What you need to do
Please give the number of lines in the entries below that hold "insert", with no other words.
(Data excerpts Opens)
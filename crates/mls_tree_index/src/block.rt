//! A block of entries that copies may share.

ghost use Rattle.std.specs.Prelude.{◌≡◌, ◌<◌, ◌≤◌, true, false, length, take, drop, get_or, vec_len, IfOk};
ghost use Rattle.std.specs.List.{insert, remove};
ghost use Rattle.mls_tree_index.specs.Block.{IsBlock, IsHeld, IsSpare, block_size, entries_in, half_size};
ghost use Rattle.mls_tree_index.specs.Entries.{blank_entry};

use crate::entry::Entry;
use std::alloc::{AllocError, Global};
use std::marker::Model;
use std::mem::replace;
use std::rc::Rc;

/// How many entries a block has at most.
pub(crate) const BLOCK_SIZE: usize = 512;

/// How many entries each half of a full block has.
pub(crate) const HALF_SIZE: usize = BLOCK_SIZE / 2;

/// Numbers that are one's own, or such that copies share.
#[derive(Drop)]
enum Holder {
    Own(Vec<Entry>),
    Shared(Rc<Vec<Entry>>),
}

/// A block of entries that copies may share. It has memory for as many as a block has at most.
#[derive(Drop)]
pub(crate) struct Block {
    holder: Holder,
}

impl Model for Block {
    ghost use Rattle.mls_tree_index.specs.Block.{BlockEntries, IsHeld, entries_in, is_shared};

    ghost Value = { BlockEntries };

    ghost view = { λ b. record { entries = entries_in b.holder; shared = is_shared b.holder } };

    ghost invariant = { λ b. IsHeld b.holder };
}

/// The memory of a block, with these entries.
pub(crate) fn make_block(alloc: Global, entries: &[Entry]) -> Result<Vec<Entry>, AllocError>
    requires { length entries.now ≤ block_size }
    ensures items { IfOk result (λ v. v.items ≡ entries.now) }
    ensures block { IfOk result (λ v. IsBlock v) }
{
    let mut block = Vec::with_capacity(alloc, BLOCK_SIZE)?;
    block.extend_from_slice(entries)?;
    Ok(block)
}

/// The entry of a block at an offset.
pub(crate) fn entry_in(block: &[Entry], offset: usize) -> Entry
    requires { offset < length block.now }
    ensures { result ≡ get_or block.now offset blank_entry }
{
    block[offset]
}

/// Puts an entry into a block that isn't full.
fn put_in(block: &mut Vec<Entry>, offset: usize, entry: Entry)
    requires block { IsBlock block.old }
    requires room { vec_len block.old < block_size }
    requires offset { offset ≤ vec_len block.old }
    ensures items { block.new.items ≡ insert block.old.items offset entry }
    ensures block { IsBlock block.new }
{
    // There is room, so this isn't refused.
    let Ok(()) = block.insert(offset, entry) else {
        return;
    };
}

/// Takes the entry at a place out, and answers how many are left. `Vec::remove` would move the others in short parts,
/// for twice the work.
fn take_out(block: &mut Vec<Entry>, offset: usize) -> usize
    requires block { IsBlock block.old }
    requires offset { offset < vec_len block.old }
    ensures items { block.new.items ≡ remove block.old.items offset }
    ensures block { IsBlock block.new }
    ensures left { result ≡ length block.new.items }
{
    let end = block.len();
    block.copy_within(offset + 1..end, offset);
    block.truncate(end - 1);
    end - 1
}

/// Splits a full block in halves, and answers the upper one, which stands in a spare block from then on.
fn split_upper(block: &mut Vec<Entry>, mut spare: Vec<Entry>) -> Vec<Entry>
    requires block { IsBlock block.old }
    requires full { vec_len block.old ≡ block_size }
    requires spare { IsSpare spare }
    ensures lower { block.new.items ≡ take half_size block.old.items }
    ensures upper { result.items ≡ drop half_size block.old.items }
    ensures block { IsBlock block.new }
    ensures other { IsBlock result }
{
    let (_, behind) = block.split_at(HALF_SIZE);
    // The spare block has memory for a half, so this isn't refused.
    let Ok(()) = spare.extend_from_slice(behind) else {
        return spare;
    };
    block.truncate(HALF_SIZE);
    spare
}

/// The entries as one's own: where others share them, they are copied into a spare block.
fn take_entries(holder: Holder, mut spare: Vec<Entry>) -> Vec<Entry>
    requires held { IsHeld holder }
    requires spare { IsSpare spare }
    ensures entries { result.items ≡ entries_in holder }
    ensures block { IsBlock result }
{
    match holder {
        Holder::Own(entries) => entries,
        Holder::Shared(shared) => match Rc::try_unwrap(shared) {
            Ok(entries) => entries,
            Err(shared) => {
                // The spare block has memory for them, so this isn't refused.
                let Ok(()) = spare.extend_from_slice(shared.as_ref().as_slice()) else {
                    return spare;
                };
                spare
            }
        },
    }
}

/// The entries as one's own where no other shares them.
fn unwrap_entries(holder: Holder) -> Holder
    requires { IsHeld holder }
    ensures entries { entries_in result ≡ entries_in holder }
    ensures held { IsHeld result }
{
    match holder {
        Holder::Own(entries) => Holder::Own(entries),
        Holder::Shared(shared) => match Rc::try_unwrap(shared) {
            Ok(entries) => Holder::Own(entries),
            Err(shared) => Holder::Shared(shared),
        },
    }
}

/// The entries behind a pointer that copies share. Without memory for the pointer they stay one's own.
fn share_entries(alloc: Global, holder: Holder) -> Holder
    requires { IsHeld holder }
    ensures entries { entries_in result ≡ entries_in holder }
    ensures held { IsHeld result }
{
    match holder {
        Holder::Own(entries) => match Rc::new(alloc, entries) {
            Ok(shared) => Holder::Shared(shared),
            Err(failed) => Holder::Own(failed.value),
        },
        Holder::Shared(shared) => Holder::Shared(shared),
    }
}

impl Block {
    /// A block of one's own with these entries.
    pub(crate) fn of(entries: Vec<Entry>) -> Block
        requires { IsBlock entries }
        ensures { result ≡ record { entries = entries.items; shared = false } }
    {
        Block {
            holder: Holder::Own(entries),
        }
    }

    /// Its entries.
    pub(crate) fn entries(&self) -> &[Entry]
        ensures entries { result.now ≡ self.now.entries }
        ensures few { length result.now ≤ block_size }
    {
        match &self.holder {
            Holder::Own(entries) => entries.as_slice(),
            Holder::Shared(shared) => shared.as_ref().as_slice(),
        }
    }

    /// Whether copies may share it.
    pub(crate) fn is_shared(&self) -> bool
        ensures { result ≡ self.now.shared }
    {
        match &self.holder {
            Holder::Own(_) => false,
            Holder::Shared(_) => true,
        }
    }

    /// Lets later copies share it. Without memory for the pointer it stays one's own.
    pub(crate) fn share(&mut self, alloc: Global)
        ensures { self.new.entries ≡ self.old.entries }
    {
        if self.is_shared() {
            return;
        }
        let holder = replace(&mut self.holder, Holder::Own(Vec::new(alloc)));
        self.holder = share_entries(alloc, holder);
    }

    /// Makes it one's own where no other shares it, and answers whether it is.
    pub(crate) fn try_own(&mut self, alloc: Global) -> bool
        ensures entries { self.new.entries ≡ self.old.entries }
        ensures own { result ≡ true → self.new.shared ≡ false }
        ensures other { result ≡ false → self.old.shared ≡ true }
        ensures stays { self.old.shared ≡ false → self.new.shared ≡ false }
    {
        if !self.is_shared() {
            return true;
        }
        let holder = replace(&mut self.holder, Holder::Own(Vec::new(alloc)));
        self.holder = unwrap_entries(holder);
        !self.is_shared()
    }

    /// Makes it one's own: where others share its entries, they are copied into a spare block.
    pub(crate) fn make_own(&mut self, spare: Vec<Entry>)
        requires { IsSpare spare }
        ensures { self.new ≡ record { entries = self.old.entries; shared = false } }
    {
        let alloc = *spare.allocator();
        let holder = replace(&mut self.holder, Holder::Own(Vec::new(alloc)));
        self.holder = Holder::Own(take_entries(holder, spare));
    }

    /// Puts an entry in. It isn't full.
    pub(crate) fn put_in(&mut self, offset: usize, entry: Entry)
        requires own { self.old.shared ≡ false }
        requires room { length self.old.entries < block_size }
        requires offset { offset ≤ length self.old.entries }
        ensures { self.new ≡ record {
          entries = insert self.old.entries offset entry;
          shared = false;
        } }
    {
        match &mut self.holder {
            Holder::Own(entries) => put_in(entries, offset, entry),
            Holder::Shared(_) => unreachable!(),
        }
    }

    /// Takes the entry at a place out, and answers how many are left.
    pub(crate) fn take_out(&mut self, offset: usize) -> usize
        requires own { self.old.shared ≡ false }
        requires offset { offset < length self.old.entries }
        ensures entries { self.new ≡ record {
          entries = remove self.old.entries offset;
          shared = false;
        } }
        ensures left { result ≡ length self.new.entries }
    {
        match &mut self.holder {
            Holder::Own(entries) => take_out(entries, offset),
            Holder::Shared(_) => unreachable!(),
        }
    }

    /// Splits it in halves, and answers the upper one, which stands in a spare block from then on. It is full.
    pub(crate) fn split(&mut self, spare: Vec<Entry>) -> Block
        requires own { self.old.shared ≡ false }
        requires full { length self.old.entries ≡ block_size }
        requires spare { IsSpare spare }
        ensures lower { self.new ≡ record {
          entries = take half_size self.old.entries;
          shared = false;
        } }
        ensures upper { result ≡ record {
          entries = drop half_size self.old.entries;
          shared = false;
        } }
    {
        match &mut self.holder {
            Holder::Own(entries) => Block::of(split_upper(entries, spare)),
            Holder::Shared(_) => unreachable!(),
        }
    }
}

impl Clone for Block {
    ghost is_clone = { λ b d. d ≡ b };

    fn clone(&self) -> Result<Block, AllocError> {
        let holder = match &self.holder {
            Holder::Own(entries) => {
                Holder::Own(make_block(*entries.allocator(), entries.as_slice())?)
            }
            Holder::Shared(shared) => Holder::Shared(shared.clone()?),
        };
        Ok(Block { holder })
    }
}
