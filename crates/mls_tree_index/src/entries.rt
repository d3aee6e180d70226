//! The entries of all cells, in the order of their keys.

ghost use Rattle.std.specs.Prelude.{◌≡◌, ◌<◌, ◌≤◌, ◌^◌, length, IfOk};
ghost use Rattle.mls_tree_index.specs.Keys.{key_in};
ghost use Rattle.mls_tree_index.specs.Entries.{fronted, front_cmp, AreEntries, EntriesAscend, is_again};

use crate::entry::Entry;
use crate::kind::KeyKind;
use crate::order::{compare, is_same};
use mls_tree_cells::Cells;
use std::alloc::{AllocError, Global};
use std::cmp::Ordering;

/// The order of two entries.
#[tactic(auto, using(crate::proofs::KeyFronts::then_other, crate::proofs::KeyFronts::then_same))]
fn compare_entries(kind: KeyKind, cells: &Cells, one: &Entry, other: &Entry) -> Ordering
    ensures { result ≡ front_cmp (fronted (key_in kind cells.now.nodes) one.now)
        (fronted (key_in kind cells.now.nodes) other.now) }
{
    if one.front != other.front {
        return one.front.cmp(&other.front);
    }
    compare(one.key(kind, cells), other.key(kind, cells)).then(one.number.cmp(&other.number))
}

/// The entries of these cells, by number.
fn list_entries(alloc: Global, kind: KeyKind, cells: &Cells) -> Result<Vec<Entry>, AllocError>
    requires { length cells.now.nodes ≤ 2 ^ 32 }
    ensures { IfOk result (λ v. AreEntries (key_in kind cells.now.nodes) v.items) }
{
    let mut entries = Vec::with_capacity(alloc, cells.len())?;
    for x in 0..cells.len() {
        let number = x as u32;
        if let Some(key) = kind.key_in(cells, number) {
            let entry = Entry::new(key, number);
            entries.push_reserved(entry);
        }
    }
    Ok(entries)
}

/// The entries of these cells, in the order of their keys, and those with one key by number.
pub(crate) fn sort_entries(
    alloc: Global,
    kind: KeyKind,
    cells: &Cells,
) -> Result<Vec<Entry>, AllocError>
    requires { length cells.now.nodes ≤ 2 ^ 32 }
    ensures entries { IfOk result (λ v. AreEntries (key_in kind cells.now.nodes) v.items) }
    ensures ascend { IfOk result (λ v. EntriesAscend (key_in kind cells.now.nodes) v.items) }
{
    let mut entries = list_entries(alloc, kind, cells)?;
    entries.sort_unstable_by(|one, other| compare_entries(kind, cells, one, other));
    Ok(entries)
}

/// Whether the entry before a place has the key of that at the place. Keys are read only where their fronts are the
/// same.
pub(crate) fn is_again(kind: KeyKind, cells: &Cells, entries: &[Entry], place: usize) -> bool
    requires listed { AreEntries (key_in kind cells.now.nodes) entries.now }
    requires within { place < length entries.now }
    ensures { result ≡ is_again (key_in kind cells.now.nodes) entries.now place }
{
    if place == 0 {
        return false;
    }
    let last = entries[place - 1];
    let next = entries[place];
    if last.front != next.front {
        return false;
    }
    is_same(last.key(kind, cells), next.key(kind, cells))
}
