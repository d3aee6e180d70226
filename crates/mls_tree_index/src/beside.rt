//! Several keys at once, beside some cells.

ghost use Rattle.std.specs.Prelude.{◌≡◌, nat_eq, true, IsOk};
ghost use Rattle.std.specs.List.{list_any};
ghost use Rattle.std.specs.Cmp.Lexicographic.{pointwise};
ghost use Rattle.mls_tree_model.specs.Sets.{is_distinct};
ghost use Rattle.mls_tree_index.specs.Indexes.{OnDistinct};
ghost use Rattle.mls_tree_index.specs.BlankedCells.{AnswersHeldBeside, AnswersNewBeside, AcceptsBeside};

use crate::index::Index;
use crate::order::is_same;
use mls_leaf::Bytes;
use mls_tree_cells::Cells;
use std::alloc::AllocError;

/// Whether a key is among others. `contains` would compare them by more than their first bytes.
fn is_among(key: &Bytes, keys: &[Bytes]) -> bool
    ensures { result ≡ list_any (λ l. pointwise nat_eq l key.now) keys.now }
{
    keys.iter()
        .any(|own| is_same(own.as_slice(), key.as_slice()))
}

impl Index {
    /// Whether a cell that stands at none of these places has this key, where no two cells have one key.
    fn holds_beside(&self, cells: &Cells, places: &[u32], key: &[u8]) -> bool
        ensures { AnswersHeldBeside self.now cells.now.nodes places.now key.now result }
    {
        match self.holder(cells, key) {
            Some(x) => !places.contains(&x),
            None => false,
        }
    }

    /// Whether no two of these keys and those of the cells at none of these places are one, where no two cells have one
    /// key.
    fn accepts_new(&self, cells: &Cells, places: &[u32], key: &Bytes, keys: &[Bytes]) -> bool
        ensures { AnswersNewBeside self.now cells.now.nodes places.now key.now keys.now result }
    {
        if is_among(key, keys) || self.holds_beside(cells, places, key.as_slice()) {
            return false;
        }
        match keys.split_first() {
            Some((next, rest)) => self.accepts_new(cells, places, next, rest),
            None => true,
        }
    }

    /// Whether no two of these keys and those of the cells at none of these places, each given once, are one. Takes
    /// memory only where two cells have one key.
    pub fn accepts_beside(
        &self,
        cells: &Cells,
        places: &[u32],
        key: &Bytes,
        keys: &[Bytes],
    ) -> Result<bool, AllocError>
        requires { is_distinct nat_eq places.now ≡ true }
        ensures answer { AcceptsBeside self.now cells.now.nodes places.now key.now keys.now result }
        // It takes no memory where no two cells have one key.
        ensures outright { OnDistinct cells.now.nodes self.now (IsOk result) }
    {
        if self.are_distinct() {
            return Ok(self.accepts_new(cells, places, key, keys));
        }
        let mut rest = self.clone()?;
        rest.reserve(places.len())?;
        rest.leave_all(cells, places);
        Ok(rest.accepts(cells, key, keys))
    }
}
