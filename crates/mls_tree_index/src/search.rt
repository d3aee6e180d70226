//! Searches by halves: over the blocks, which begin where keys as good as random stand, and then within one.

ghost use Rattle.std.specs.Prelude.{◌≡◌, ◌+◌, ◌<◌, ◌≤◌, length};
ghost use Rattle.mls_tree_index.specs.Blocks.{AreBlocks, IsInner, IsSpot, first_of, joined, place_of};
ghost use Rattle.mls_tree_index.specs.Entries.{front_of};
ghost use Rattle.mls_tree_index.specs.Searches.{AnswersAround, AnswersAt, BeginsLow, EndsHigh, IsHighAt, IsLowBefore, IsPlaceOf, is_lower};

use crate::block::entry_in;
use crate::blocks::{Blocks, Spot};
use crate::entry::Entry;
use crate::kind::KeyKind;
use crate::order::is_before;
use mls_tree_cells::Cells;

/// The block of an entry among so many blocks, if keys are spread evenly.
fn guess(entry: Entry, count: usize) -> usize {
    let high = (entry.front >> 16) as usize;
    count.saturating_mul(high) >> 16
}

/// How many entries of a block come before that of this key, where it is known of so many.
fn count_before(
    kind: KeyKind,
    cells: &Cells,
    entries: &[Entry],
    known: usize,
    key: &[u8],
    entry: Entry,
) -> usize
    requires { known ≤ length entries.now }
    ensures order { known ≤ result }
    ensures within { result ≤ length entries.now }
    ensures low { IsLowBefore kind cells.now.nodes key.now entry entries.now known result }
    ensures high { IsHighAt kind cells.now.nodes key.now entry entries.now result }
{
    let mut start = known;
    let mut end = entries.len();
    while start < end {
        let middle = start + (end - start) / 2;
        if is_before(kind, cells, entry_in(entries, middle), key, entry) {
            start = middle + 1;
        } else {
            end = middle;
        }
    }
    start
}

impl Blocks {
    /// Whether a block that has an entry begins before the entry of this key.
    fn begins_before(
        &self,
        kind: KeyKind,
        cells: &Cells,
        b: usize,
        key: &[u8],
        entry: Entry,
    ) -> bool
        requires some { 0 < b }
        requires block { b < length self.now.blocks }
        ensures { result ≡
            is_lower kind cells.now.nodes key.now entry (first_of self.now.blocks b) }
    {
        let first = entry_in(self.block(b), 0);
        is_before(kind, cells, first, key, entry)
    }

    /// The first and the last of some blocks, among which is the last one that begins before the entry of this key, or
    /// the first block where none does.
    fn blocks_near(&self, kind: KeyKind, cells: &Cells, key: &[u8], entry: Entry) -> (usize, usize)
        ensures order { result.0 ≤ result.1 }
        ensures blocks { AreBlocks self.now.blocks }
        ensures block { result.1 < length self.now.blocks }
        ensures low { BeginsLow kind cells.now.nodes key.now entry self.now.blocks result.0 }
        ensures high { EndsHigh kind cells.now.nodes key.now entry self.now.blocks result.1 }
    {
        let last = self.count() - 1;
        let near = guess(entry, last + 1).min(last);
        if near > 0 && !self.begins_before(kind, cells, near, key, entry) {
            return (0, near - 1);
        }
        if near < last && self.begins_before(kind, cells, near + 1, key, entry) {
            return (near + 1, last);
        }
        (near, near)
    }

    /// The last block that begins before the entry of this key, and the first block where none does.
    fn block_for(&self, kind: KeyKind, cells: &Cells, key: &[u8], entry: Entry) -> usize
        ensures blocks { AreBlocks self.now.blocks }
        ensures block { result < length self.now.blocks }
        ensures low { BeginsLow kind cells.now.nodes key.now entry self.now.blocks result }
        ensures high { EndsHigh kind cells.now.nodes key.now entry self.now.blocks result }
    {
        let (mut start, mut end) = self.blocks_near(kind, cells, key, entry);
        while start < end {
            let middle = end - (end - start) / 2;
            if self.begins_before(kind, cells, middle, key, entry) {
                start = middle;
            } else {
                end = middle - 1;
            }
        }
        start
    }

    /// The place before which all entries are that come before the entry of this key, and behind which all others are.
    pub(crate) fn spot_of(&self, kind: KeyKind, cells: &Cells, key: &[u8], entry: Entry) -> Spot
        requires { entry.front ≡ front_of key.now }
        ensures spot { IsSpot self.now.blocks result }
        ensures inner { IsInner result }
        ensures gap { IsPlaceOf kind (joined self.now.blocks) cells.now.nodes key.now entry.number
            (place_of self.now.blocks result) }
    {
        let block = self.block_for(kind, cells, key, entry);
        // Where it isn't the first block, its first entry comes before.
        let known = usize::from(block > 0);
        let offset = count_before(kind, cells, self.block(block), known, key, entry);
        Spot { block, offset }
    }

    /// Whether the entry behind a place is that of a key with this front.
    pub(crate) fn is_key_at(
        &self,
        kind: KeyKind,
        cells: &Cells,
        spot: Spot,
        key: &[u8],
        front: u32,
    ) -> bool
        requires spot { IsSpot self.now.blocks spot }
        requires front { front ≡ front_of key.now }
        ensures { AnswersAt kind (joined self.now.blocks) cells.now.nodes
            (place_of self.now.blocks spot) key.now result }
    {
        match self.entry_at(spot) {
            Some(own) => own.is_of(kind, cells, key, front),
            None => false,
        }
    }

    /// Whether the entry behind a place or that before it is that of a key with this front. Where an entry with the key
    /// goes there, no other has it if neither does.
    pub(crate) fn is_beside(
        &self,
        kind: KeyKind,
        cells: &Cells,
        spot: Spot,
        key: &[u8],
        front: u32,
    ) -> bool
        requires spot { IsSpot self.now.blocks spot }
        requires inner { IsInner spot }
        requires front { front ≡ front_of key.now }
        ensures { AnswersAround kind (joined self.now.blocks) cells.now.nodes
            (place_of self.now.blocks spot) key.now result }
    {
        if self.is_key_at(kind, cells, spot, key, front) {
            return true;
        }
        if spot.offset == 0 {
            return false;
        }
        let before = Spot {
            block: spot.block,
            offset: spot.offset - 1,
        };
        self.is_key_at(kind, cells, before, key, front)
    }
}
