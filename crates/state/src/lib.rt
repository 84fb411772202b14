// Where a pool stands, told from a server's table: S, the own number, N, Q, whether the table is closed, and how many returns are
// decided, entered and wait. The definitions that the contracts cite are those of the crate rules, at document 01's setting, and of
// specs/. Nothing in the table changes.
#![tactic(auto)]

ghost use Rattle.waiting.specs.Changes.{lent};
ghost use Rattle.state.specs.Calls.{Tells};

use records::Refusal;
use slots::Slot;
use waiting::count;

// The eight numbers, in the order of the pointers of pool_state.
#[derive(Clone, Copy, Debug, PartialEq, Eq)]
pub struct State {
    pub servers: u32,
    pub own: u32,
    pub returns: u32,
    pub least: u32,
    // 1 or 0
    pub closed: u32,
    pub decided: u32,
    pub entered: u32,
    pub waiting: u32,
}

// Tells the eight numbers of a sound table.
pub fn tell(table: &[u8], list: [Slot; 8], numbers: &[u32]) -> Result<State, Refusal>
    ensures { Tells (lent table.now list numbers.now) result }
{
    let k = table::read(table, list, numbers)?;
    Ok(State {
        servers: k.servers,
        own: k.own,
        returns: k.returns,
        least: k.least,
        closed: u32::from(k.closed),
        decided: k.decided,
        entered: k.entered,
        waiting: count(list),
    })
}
(Data excerpts Closes)
Your solution
4